Value types considered harmful (part 1)
17 February 2018This post is part of a series on value types, particularly in the C# language, and why some people consider defining your own value types not useful or even dangerous. This first post is a general introduction to the subject of value types and the basic arguments for their use.
Certain programming languages draw a difference between value and reference types: the distinction ultimately consists in separating the way to get to the value in memory from the value itself.
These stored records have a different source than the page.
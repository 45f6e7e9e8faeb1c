//! Writing to a sink by way of a buffer of fixed size.
ghost use Rattle.std.specs.Prelude.{◌≡◌, ◌+◌, ◌*◌, ◌≤◌, ◌++◌, List, ℕ, [], All, IfOk, OnOk, OnErr};
ghost use Rattle.std.specs.Prelude.{length, slice_range, vec_len, vec_capacity};
ghost use Rattle.tr_io.specs.Faults.{HasFault};
ghost use Rattle.tr_io.specs.Streams.{Grew, GrewByPrefix};
ghost use Rattle.tr_output.specs.Lines.{SpellsRow};
ghost use Rattle.tr_output.specs.Pieces.{IsPieceWithin, piece_text, pieces_text};
ghost use Rattle.tr_output.specs.Sending.{Sends, HasStopped};
ghost use Rattle.tr_output.specs.Texts.{row_text};
ghost use Rattle.tr_output.specs.Buffers.{IsFresh};

use crate::lines::{LINES, Line, no_lines};
use crate::pieces::Piece;
use crate::sinks::write_all;
use std::alloc::Global;
use tr_base::NoMemory;
use tr_io::{Failed, Sink};

/// The number of bytes in one write.
const ROOM: usize = 64 * 1024;

/// Bytes that wait to be written, and the last spelled lines.
#[derive(Drop)]
pub(crate) struct Buffer {
    bytes: Vec<u8>,
    lines: Vec<Line>,
}

impl Buffer {
    /// An empty buffer.
    pub(crate) fn new(alloc: Global) -> Result<Buffer, NoMemory>
        ensures { IfOk result (λ buffer. IsFresh buffer) }
    {
        Ok(Buffer {
            bytes: Vec::with_capacity(alloc, ROOM)?,
            lines: no_lines(alloc)?,
        })
    }
}

/// Writes the bytes that wait.
fn flush<K: Sink>(sink: &mut K, bytes: &mut Vec<u8>) -> Result<(), Failed>
    requires { vec_len bytes.old ≤ K.room sink.old }
    ensures ok { OnOk result (Sends K.Sink sink.old sink.new bytes.old.items bytes.new.items []) }
    ensures empty { OnOk result (bytes.new.items ≡ []) }
    ensures capacity { OnOk result (vec_capacity bytes.new ≡ vec_capacity bytes.old) }
    ensures err { OnErr result (HasStopped K.Sink sink.old sink.new bytes.old.items []) }
    ensures rising { K.faults sink.old ≤ K.faults sink.new }
{
    write_all(sink, bytes)?;
    bytes.clear();
    Ok(())
}

/// Writes bytes by way of the buffer, or directly if they are longer than it.
fn put<K: Sink>(sink: &mut K, bytes: &mut Vec<u8>, more: &[u8]) -> Result<(), Failed>
    requires { vec_len bytes.old + length more.now ≤ K.room sink.old }
    ensures ok { OnOk result (Sends K.Sink sink.old sink.new bytes.old.items bytes.new.items more.now) }
    ensures err { OnErr result (HasStopped K.Sink sink.old sink.new bytes.old.items more.now) }
    ensures rising { K.faults sink.old ≤ K.faults sink.new }
{
    if more.len() <= bytes.capacity() - bytes.len() {
        bytes.extend_from_slice(more).unwrap();
        return Ok(());
    }
    flush(sink, bytes)?;
    if more.len() <= bytes.capacity() {
        bytes.extend_from_slice(more).unwrap();
        return Ok(());
    }
    write_all(sink, more)
}

/// Writes the line of a row, the piece at this index.
fn put_row<K: Sink>(
    sink: &mut K,
    buffer: &mut Buffer,
    index: usize,
    pixels: &[u8],
    start: usize,
    wide: usize,
) -> Result<(), Failed>
    requires wide { wide ≤ 1024 }
    requires within { start + wide ≤ length pixels.now }
    requires lines { All (SpellsRow pixels.now) buffer.old.lines.items }
    requires count { vec_len buffer.old.lines ≡ LINES }
    requires room { vec_len buffer.old.bytes + (2 * wide + 1) ≤ K.room sink.old }
    ensures ok { OnOk result (Sends K.Sink sink.old sink.new buffer.old.bytes.items buffer.new.bytes.items
        (row_text (slice_range pixels.now start (start + wide)))) }
    ensures err { OnErr result (HasStopped K.Sink sink.old sink.new buffer.old.bytes.items
        (row_text (slice_range pixels.now start (start + wide)))) }
    ensures lines { All (SpellsRow pixels.now) buffer.new.lines.items }
    ensures count { vec_len buffer.new.lines ≡ LINES }
    ensures rising { K.faults sink.old ≤ K.faults sink.new }
{
    let line = &mut buffer.lines[index % LINES];
    line.spell(pixels, start, wide);
    put(sink, &mut buffer.bytes, &line.text[..2 * wide + 1])
}

/// Writes a piece.
fn put_piece<K: Sink>(
    sink: &mut K,
    buffer: &mut Buffer,
    index: usize,
    piece: &Piece,
    pixels: &[u8],
) -> Result<(), Failed>
    requires within { IsPieceWithin (length pixels.now) piece.now }
    requires lines { All (SpellsRow pixels.now) buffer.old.lines.items }
    requires count { vec_len buffer.old.lines ≡ LINES }
    requires room { vec_len buffer.old.bytes + length (piece_text pixels.now piece.now) ≤ K.room sink.old }
    ensures ok { OnOk result (Sends K.Sink sink.old sink.new buffer.old.bytes.items buffer.new.bytes.items
        (piece_text pixels.now piece.now)) }
    ensures err { OnErr result (HasStopped K.Sink sink.old sink.new buffer.old.bytes.items
        (piece_text pixels.now piece.now)) }
    ensures lines { All (SpellsRow pixels.now) buffer.new.lines.items }
    ensures count { vec_len buffer.new.lines ≡ LINES }
    ensures rising { K.faults sink.old ≤ K.faults sink.new }
{
    match piece {
        Piece::Bytes(bytes) => put(sink, &mut buffer.bytes, bytes),
        Piece::Row { start, wide } => put_row(sink, buffer, index, pixels, *start, *wide),
    }
}

/// Writes pieces, one after another.
fn put_pieces<K: Sink>(
    sink: &mut K,
    buffer: &mut Buffer,
    pieces: &[Piece],
    pixels: &[u8],
) -> Result<(), Failed>
    requires within { All (IsPieceWithin (length pixels.now)) pieces.now }
    requires lines { All (SpellsRow pixels.now) buffer.old.lines.items }
    requires count { vec_len buffer.old.lines ≡ LINES }
    requires room { vec_len buffer.old.bytes + length (pieces_text pixels.now pieces.now) ≤ K.room sink.old }
    ensures ok { OnOk result (Sends K.Sink sink.old sink.new buffer.old.bytes.items buffer.new.bytes.items
        (pieces_text pixels.now pieces.now)) }
    ensures err { OnErr result (HasStopped K.Sink sink.old sink.new buffer.old.bytes.items
        (pieces_text pixels.now pieces.now)) }
    ensures rising { K.faults sink.old ≤ K.faults sink.new }
{
    for (index, piece) in pieces.iter().enumerate() {
        put_piece(sink, buffer, index, piece, pixels)?;
    }
    Ok(())
}

/// Writes pieces and the bytes after them.
pub(crate) fn write_pieces<K: Sink>(
    sink: &mut K,
    buffer: &mut Buffer,
    pieces: &[Piece],
    pixels: &[u8],
    tail: &[u8],
) -> Result<(), Failed>
    requires within { All (IsPieceWithin (length pixels.now)) pieces.now }
    requires fresh { IsFresh buffer.old }
    requires room { length (pieces_text pixels.now pieces.now ++ tail.now) ≤ K.room sink.old }
    ensures ok { OnOk result (Grew (K.written sink.old) (K.written sink.new)
        (pieces_text pixels.now pieces.now ++ tail.now)) }
    ensures err { OnErr result (GrewByPrefix (K.written sink.old) (K.written sink.new)
        (pieces_text pixels.now pieces.now ++ tail.now)) }
    ensures failed { OnErr result (HasFault (K.faults sink.old) (K.faults sink.new)) }
    ensures rising { K.faults sink.old ≤ K.faults sink.new }
{
    put_pieces(sink, buffer, pieces, pixels)?;
    put(sink, &mut buffer.bytes, tail)?;
    flush(sink, &mut buffer.bytes)
}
In this post we’ll be mostly looking at how the distinction applies to C#.
Wait, what’s a value type again?
Evaluating a value type expression lends a new instance of the value in its entirety, whereas with reference types there is something over and above the value which is a reference to the value.
Value types instances are (typically) not subject to garbage collection, which means the memory resources they occupy become immediately available for reuse once they are no longer reachable (for example when you reach the end of the function where an instance is reachable as a local variable). Reference types are subject to garbage collection: the memory they occupy is generally not immediately released when there no longer exist a way to reach them from an an application root, but a further step is necessary where a garbage collector realizes this memory can be reused by employing some algorithm to figure out that there are no more references to the instance.
This means whenever you, for example, assign a value type variable to a field or a collection a copy of the original instance is produced whereas doing the same with a reference type will (generally) create a new, separate reference to the same instance. In this second case, any change to the internal state of the instance can be read from multiple places: all is needed is a reference to it (read: a way to reach it). This also means that your application does not need to keep track of value types for garbage collection, reducing the overhead incurred with every garbage collection cycle.
Garbage and you
As your application runs it allocates memory for the data types that you use: your numbers, your strings, your lists and whatever else. Because with reference types you can have multiple references to the same instance it’s harder to tell when the memory the instance occupies can be reclaimed.
The CLR employs a generational garbage collection, where once your application gets to measuring a certain size in memory, the garbage collector temporarily halts execution of your program logic and starts checking what reference type instances you allocated are completely out of scope (then it promotes any surviving objects to the next generation.)
So, once in a while precious processor cycles will be ‘wasted’ on housekeeping rather than keeping processing your customers’ clicks, API requests, etc. This is essentially the basic argument for value types: the extra step to double check they’re no longer reachable is made unnecessary given that there is a one-to-one mapping between value type instances and ways to reach them.
Place-oriented programming
Languages such as C and Go generally allow the sort of de-referencing characteristic of reference types for any type through a generalized notion of “pointer”, without drawing a strong distinction between two categories of types like C# and Java do. Indeed, C# and Java support value type wrappers (or boxes) that can “contain” a value type instance and allow it to be treated as a reference type (i.e. allow one instance to be reference by multiple sources, and be subject to garbage collection). A pointer is simply a way to get to the instance (perhaps the only clear example of a “mode of presentation”). A value in memory that in turns tells you where exactly to go to find the instance; it is the equivalent of saying “I don’t know what value this is exactly, but I know it takes `this` much space, and it starts over there.”
If you’re willing to dig deep enough you’ll find that C# does indeed support a generalized notion of pointer, however pointers are semantically different from reference types in that they are not subject to garbage collection and using them bypasses the type verification the CLR automatically performs. They are a considered a powerful tool, generally only employed where strictly needed (typically to call into unmanaged code). Much like C pointers (and unlike Go pointers), they are subject to pointer arithmetic, which is part of the reason it is impossible for the CLR to verify what you’re doing when you use them.
Conclusion
In this post we have introduced a distinction in some managed languages between value and reference types, and presented a basic argument for them. A basic trade-off with value types is that no processor cycles will be used to keep track of whether there’s still at least one reference to the instance (garbage collection) but more memory overall may end up being used by the program depending on how many concurrent copies of the value exist as they it is passed around and mutated.
In the next post we’ll see the limitations with using value types in C# and the arguments against the use of custom value types outside the ones built into the CLR.
Further reading
- E. Lippert. The stack is an implementation detail, part one. 2009. Generally everything Lippert has written about value types explains them in much more depth than this series.
- J. Richter. CLR via C#, Chapters 5, 19. Fourth printing: Microsoft Press 2014. The basic argument for value types is from Chapter 5 here.
- J. Skeet. C# in depth, Chapter 2.2. Manning Publications 2014.
- Rich Hickey. The value of values. 2012.